静かに推参した、この見目麗しき氷の少女こそは!
ヘルズガルド家当主、マルグリット公その人である!
騎士が正義を果たし、不徳を討ち果たした折にどこからともなく現れる――――吟遊詩人はそう語り、しかしてそれに偽りなく。
槍で貫かれたジョナサン卿に、罪人縛りの鎖を放つはまさしく“断罪公”!
獣に堕したジョナサン卿が、瞬きの間に縛られてゆく。

【マルグリット公】
「貴方がたが、この罪人を討ち果たした騎士ですね」
「……ああ、失敬。

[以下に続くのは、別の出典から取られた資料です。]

//! Each public call once, and a pool of one request that is asked twice.

use std::test::Fail;
use un_req::Pool;

#[test]
fn lends_its_one_request_once(rt: HostRuntime) -> Result<(), Fail> {
    let mut pool = Pool::make(rt.alloc(), 1, 16)?;
    assert_eq!(rt; (pool.count(), pool.capacity(), pool.home()), (1, 16, 1));
    let request = pool.take().ok_or("none is home")?;
    assert_eq!(rt;
        (request.number(), request.bytes().len(), pool.home()),
        (0, 0, 0)
    );
    assert!(rt; pool.take().is_none(), "a second request of a pool of one");
    pool.put(request);
    assert_eq!(rt; pool.home(), 1);
    Ok(())
}

#[test]
fn keeps_a_transfer(rt: HostRuntime) -> Result<(), Fail> {
    let mut pool = Pool::make(rt.alloc(), 2, 16)?;
    let mut request = pool.take().ok_or("none is home")?;
    request.push(&[1, 2, 3]);
    request.push_zeros(2);
    request.patch(1, &[7, 8, 9]);
    request.stamp(4, 6, 3);
    assert_eq!(rt; request.bytes(), [1, 7, 8, 9, 0].as_slice());
    assert_eq!(rt;
        (
            request.from(),
            request.to(),
            request.serial(),
            request.capacity()
        ),
        (4, 6, 3, 16)
    );
    request.clear();
    assert_eq!(rt; (request.bytes().len(), request.serial()), (0, 3));
    Ok(())
}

異端もいるようですが」

断罪公の冷たい視線はもはや罪人に向けられず、貴卿らを静かに見やる。
淡々と零れる言の葉は、しかし怜悧な美しさを孕む魔性也。

40”艶福卿”コンラッド:2017/12/30(土) 00:43:46
「……」

(これが堕落……なんという姿)

(騎士としてあるまじき姿。しかし……しかしなぜだ)

(この姿に変わった彼の中に安らぎがあるように思えてしまう)

悲しきかな。道ならざる道を行く堕落の者と共鳴する心を持つ騎士。
コンラッド卿は心中の天秤の傾きは繊細微妙なものである。
ふと目を離せばどちらかに傾き、その勢いで皿に乗った重みのあるそれを放り投げてしまいそうだ。

「マルグリット公。ご足労をおかけした」

「それにしても鮮やかな手並み。流石はヘルズガルド家当主殿であると、感服しました」

41“月蝕卿”サーラ:2017/12/30(土) 01:09:43

無言で一礼する。
望んで得たかはさておくとしても、この身に宿るは異端の血、異端の力。
遍歴の当主マルグリット公は、咎なき異端にも寛容であると言う。
しかし、己に咎なしと判っていても、どうしても緊張は隠せない。

「―――私は、外した方が良いでしょうか。」

少なくとも、サーラ・ヘルロット・フォン・カルンシュタインは、己の世間的な立ち位置を十二分に理解している。
これをご覧の皆様も知っての通り、異端とは堕落者の次に栄光から遠き者。夜獣にすら劣る存在だ―――少なくとも、今の世相では。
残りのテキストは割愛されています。